BAL HARBOUR, FLA. — Infections are a major cause of emergencies in pediatric dermatology, Howard Pride, M.D., said at the annual Masters of Pediatrics Conference sponsored by the University of Miami.
Though rare, such conditions must be kept in mind to ensure prompt diagnosis and appropriate treatment. Staphylococcal scalded skin syndrome, for example, is often thought to be a nondeadly disease, but it is associated with a mortality of up to 7%, particularly in the very young and should be identified early, said Dr. Pride, a pediatric dermatologist at Geisinger Medical Center, Danville, Pa.
The disease presents with a scarlet fever-like rash, usually beginning around the lips and nose and then becoming more generalized with flexural accentuation in the groin area; it may involve superficial bullae that rapidly denude and leave large areas of raw, red, moist skin that appears scalded. It typically occurs in children younger than 5 years.
Onset is abrupt and includes irritability, malaise, fever, and extreme pain. In fact, pain is often the dominant symptom, Dr. Pride noted.
Staphylococcus aureus is the associated pathogen, but exfoliative toxins A and B, either of which is released at the infection site and spreads hematogenously, are the cause of the lesions. Therefore, cultures of the blisters are not useful.
The diagnosis is typically made clinically; there is little in the way of diagnostic testing for scalded skin syndrome. Biopsies or cultures of the eyes, nose, or pharynx can be performed, but Dr. Pride said he biopsies only on rare occasions.
For the most part, diagnosis is based on clinical intuition. However, for a rapid diagnosis and to differentiate this from toxic epidermal necrolysis, a snap frozen section can be performed.
Care for staphylococcal scalded skin syndrome is mostly supportive; skin care includes application of emollients, such as a petrolatum ointment. Mupirocin is not necessary since staphylococcus is not the direct cause of the skin lesions.
Strict attention to fluids and electrolytes is important, as is maintenance of body temperature. Antibiotic treatment against staphylococcus is useful, but a few articles have shown that some cases in adults have been associated with methicillin-resistant Staphylococcus aureus, so keep this in mind when considering antibiotic coverage, Dr. Pride advised.
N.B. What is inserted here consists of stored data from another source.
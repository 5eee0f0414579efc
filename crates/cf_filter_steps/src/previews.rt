//! What follows a change, worked out before it is made.

ghost use Rattle.std.specs.Prelude.{◌≡◌, ◌≤◌, ◌+◌, ◌^◌, IfOk, OnOk, min};
ghost use Rattle.cf_ask_rule.specs.Deeds.{deed_of};
ghost use Rattle.cf_model.specs.Items.{Item};
ghost use Rattle.cf_waits.specs.Steps.{IsPlanned};
ghost use Rattle.cf_filter_steps.specs.Looking.{FitsSpans, effect_on};
ghost use Rattle.cf_filter_steps.specs.Settled.{LooksAfter};
ghost use Rattle.cf_table.specs.Means.{Means};

use crate::ask_steps::{look_at, look_gone};
use crate::steps::Steps;
use cf_ask_rule::Act;
use cf_base::{Change, ItemId, OutOfMemory, Span};
use cf_table::Row;
use cf_waits::Step;
use std::alloc::Global;

/// A bound far above each file.
const FAR: u64 = 1 << 39;

// Spans of changes that suit are far below the bound.
fn near(start: u64, len: u64) -> Span
    ensures value { result ≡ record { start = min start 549755813888; len = min len 549755813888 } }
    ensures near { result.start + result.len ≤ 2 ^ 40 }
{
    Span {
        start: start.min(FAR),
        len: len.min(FAR),
    }
}

// What a change that gives or takes bytes, a mark or a keep makes of the row of its item.
fn change_row(alloc: Global, row: &mut Row, change: &Change) -> Result<(), OutOfMemory>
    ensures { OnOk result ((i : Item) → FitsSpans change.now → Means row.old i → Means row.new (effect_on change.now i)) }
{
    match change {
        Change::Filled {
            item: _,
            start,
            bytes,
        } => row.fill(near(*start, bytes.as_slice().len() as u64)),
        Change::Validated {
            item: _,
            start,
            len,
        } => row.validate(alloc, near(*start, *len)),
        Change::Emptied {
            item: _,
            start,
            len,
        } => row.empty(near(*start, *len)),
        Change::Mark { item: _, number: _ } => {
            row.mark(alloc);
            Ok(())
        }
        Change::Keep { item: _, on } => {
            row.set_keep(*on);
            Ok(())
        }
        _ => Ok(()),
    }
}

/// Works out a step on an item as it is once a change was made that gives or takes bytes, a mark or a keep. Changes nothing.
pub fn look_after<S: Steps>(
    s: &S,
    item: ItemId,
    change: &Change,
    act: Act,
) -> Result<Step, OutOfMemory>
    ensures planned { IfOk result (λ p. IsPlanned p (S.waiting s.now)) }
    ensures looks { IfOk result (λ p. LooksAfter S.sense item change.now (deed_of act) p s.now) }
{
    match s.rows().get(item) {
        Some(row) => {
            let mut after = row.copy()?;
            change_row(s.alloc(), &mut after, change)?;
            look_at(s, item, &after, act)
        }
        None => look_gone(s, item, act),
    }
}
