/// How far a column or row lies from another.
pub(crate) fn offset(a: i32, from: u16) -> u16
    requires low { pos from ≤ℤ a }
    requires high { a ≤ℤ pos 65535 }
    ensures { a ≡ pos (from + result) }
{
    (a - i32::from(from)) as u16
}

// The spans of a triangle in a part.
#[inline(always)]
fn rows_of(tri: &WindowTriangle, part: Rect) -> SpanIter<'_>
    ensures { AreRowsOf tri.now part result }
{
    spans(tri, part)
}
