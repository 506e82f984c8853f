// A candidate's bytes: whether they have the form of one record (cause 10), and the state that they give.
#![tactic(auto)]

ghost use Rattle.std.specs.Prelude.{◌≡◌, ◌≤◌, ◌/◌, List, ℕ, get_or, length, take};
ghost use Rattle.base.specs.Bounds.{max_atoms};
ghost use Rattle.models.specs.Listing.{record_size, bit_at, interpretation_of};
ghost use Rattle.candidate.specs.Candidate.{is_bad_candidate};

use base::MAX_ATOMS;
use records::record_size;

// The bit of fact f in its byte.
#[tactic(auto, unfolding(models::specs::Listing::bit_at))]
fn bit_in(byte: u8, f: usize) -> bool
    ensures { (s : List ℕ) → byte ≡ get_or s (f / 8) 0 → result ≡ bit_at s f }
{
    (byte >> (7 - f % 8)) & 1 == 1
}

// The bit of fact f; 0 where the bytes have none.
pub fn bit_at(s: &[u8], f: usize) -> bool
    ensures { result ≡ bit_at s.now f }
{
    bit_in(s.get(f / 8).copied().unwrap_or(0), f)
}

// Cause 10: a candidate of another length, or a spare bit set.
#[tactic(auto, unfolding(crate::specs::Candidate::is_bad_candidate))]
pub fn bad_candidate(candidate: &[u8], n: usize) -> bool
    requires { n ≤ max_atoms }
    ensures { result ≡ is_bad_candidate n candidate.now }
{
    let w = record_size(n);
    candidate.len() != w || (n..8 * w).any(|f| bit_at(candidate, f))
}

// The state of n facts that a candidate gives, in the first places.
// Kept: apart from the test: the drive asks cause 10 before it makes the table, and reads the state after: an Option is no plainer.
#[tactic(auto, using(crate::proofs::ReadLaws::read_start, crate::proofs::ReadLaws::read_more))]
pub fn read_candidate(candidate: &[u8], n: usize) -> [bool; MAX_ATOMS]
    requires n_le_max_atoms { n ≤ max_atoms }
    requires candidate_len { length candidate.now ≡ record_size n }
    ensures { take n result ≡ interpretation_of n candidate.now }
{
    let mut m = [false; MAX_ATOMS];
    for (f, holds) in m[..n].iter_mut().enumerate() {
        *holds = bit_in(candidate[f / 8], f);
    }
    m
}
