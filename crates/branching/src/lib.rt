// The branching facts of a program, from its table: by both grounds, each once, rising.
#![tactic(auto)]

ghost use Rattle.std.specs.Prelude.{◌≡◌, false, ◌&&◌, ◌||◌, ◌≤◌, ltb, length, replicate};
ghost use Rattle.base.specs.Bounds.{max_atoms, max_branching};
ghost use Rattle.models.specs.Branching.{branching_count};
ghost use Rattle.table.specs.Table.{Tabulates};
ghost use Rattle.table.specs.Tabled.{tabled};
ghost use Rattle.branching.specs.Marks.{BodyMarked, BranchingMarks, Listed};

use base::{ArrayVec, MAX_ATOMS, MAX_BRANCHING};
use format::{Literal, Literals};
use table::{Table, span_bytes};

// Whether a literal makes its fact branch: it is negated, or its rule can displace. No fact is past the bound.
fn branches(l: Literal, rejecting: bool) -> bool
    ensures { result ≡ (ltb l.atom max_atoms && (l.negated || rejecting)) }
{
    l.atom < MAX_ATOMS && (l.negated || rejecting)
}

// Marks the facts of a body that branch.
fn mark_body(body: &[u8], rejecting: bool, marks: &mut [bool; MAX_ATOMS])
    ensures { BodyMarked body.now rejecting marks.old marks.new }
{
    for l in Literals(body) {
        if branches(l, rejecting) {
            marks[l.atom] = true;
        }
    }
}

// Marks the branching facts, where nothing is marked yet: a rule can displace exactly where its mask of overridden layers is not
// empty. How many facts there are plays no part.
// Kept: `Tabulates` in clauses here and of the test: a table that knew its program would ask more of those who make one.
fn mark_branching(table: Table, marks: &mut [bool; MAX_ATOMS])
    requires tabulates { Tabulates (tabled table.book.now table.rows.now 0) table.book.now table.rows.now }
    requires marks_value { marks.old ≡ replicate max_atoms false }
    ensures { BranchingMarks (tabled table.entry.book.now table.entry.rows.now 0) marks.new }
{
    for row in table.rows {
        mark_body(span_bytes(table.book, row.body), row.overridden != 0, marks);
    }
}

// Lists the branching facts, rising, as far as there is room for them, and says how many they are: no more than a search goes through are
// all listed.
pub fn branching_atoms(table: Table, n: usize, atoms: &mut ArrayVec<u32, MAX_BRANCHING>) -> usize
    requires tabulates { Tabulates (tabled table.book.now table.rows.now n) table.book.now table.rows.now }
    requires n_le_max_atoms { n ≤ max_atoms }
    ensures { Listed (tabled table.entry.book.now table.entry.rows.now n) atoms.new result }
{
    let mut marks = [false; MAX_ATOMS];
    mark_branching(table, &mut marks);
    atoms.clear();
    let mut count = 0;
    for (f, branches) in marks[..n].iter().enumerate() {
        if *branches {
            atoms.put(Some(f as u32));
            count += 1;
        }
    }
    count
}

// How many facts branch, whether or not a search goes through them.
pub fn branching_count(table: Table, n: usize) -> usize
    requires tabulates { Tabulates (tabled table.book.now table.rows.now n) table.book.now table.rows.now }
    requires n_le_max_atoms { n ≤ max_atoms }
    ensures { result ≡ branching_count (tabled table.entry.book.now table.entry.rows.now n) }
{
    let mut atoms = ArrayVec::new(0);
    branching_atoms(table, n, &mut atoms)
}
“But the best thing we can do for these patients is control pain, because they are absolutely miserable,” he said.
Other pediatric emergencies that Dr. Pride discussed include:
▸ Ecthyma gangrenosum. Lesions associated with this condition, which almost always occurs in the setting of immunocompromise, have a central hemorrhage with a purplish halo. They may have a punched-out ulcer appearance with a necrotic base and black eschar. They commonly occur in patients undergoing chemotherapy, and Pseudomonas aeruginosa is usually the culprit, Dr. Pride said. But other organisms, such as herpes simplex, S. aureus, and species of Klebsiella, Neisseria, and Candida may be involved.
“But when you think about empirical coverage [P. aeruginosa] is the organism you really want to be covering,” he said.
The diagnosis is usually made clinically, and supportive measures along with a broad-spectrum antibiotic should be initiated to ensure coverage while awaiting culture or biopsy results. Aspiration or drainage of lesions should be performed as necessary.
▸ Meningococcemia. This is a scary and sometimes rapidly progressing disease that also requires quick action. Presentation includes high fever, headache, nausea, diarrhea, and a petechial rash of the skin and mucous membranes. The fulminant form presents with massive skin and mucosal hemorrhage, shock, and rapid death. Peripheral gangrene can occur.
Rapid antigen tests exist, but specificity is not very high, so the diagnosis should be made clinically, and treatment should be initiated quickly in an intensive care unit. Penicillin remains the treatment of choice for this condition, and supportive care and skin care with mupirocin are useful. Prophylaxis of patient contacts is imperative, he said.
▸ Rocky mountain spotted fever. The peak incidence of this often tick-borne illness, which generally occurs in the southeastern and south central United States in early summer, is in children 5–9 years old. They present with sudden severe headache, malaise, myalgia, arthralgia, anorexia, photophobia, chills, and fever. Hypotension also can occur.
A rash, which progresses centrally and mostly affects the extremities, occurs on the fourth day of illness in about 90% of patients. Early in the course of illness, the rash appears with small discrete red blanching macules, which later become papules with a dark hue. The extremities have a nonpitted edematous characteristic, and in young children the rash may occur periorbitally.
About 80% of patients report a recent tick bite.